Travellers, commuting workers, freight trucks and cargo ships will be able to move more freely from Tallinn, Estonia in the Baltics down to Lisbon, Portugal in the west and as far into the Mediterranean as the Greek islands.
By March, passport checks will also be abolished at airports in nine new nations linking them to the 15 currently signed up to the Schengen Treaty, named after the Luxembourg border village where the pact was born in 1985.
"It's the end of a process that began with the fall of the Berlin Wall 18 years ago," German Interior Minister Wolfgang Schaeuble said on December 6, after he and his EU counterparts had given the expansion final approval.
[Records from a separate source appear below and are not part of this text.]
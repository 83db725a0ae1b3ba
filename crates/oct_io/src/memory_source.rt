//! Bytes in memory, read in short pieces without a failure.
ghost use Rattle.std.specs.Prelude.{◌≡◌, ◌<◌, ◌≤◌, [], Some, drop, length, min, take, IfOk};

use crate::file_bytes::FileBytes;
use crate::source::{Failed, Source};
use std::marker::Model;

/// Bytes in memory that are read in pieces of a greatest length. No read fails.
#[derive(Drop)]
pub struct MemorySource {
    bytes: FileBytes,
    at: usize,
    most: usize,
}

impl Model for MemorySource {
    ghost use Rattle.std.specs.Prelude.{◌<◌, ◌≤◌, drop, length};
    ghost use Rattle.oct_io.specs.Held.{Supply};

    ghost Value = { Supply };

    ghost view = { λ s. record { left = drop s.at s.bytes; most = s.most } };

    ghost invariant = { λ s. (s.at ≤ length s.bytes) × (0 < s.most) };
}

impl MemorySource {
    /// A source of these bytes, of which a read moves `most` at most.
    pub fn new(bytes: FileBytes, most: usize) -> Self
        requires { 0 < most }
        ensures left { result.left ≡ bytes }
        ensures most { result.most ≡ most }
    {
        MemorySource { bytes, at: 0, most }
    }
}

impl Source for MemorySource {
    ghost left = { λ s. Some s.left };

    ghost faults = { λ _. 0 };

    // It counts none.
    ghost ends = { λ _. 0 };

    /// A read that finds bytes moves as many as it may: `most`, the length of the buffer, or what
    /// is left, whichever is least. The rest of the buffer stays as it was.
    fn read(&mut self, buffer: &mut [u8]) -> Result<usize, Failed>
        ensures full { result
            ≡ Ok (min self.old.most (min (length buffer.old) (length self.old.left))) }
        ensures most { self.new.most ≡ self.old.most }
        ensures within { IfOk result (λ n. n ≤ length buffer.old) }
        ensures moved { IfOk result (λ n. self.new.left ≡ drop n self.old.left) }
        ensures bytes { IfOk result (λ n. take n buffer.new ≡ take n self.old.left) }
        ensures rest { IfOk result (λ n. drop n buffer.new ≡ drop n buffer.old) }
        ensures some { IfOk result (λ n. n ≤ length self.old.left) }
        ensures end { IfOk result (λ n. n ≡ 0 → 0 < length buffer.old → self.old.left ≡ []) }
    {
        let (_, left) = self.bytes.as_slice().split_at(self.at);
        let count = self.most.min(buffer.len()).min(left.len());
        let (piece, _) = left.split_at(count);
        buffer[..count].copy_from_slice(piece);
        self.at += count;
        Ok(count)
    }
}
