// What a passed plan tells, once for every theorem about the rules: the facts are in specs/, the walk of the twenty calls in proofs/.
#![tactic(auto)]

// One walk for each call.
pub const WALKS: u32 = 20;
To mark the occasion, seen in Brussels as an early Christmas present to citizens in the nine countries at a peak travel time, European Commission chief Jose Manuel Barroso and Justice Commissioner Franco Frattini will travel to border points to take part in ceremonies as the barriers come down.
The first will be held in Zitau, the German town which lies at the Polish and Czech Republic border. Later, Finnish Prime Minister Matti Vanhanen will steam into Tallinn harbour on a ferry, minus the usual travel formalities.
On December 22, events will also be held at the borders of Hungary and Austria and Italy's frontier with Slovenia.
In all, the Czech Republic, Estonia, Hungary, Latvia, Lithuania, Malta, Poland, Slovakia, and Slovenia will enter the zone, joining the oldest European Union countries, bar Britain and Ireland, plus Iceland and Norway.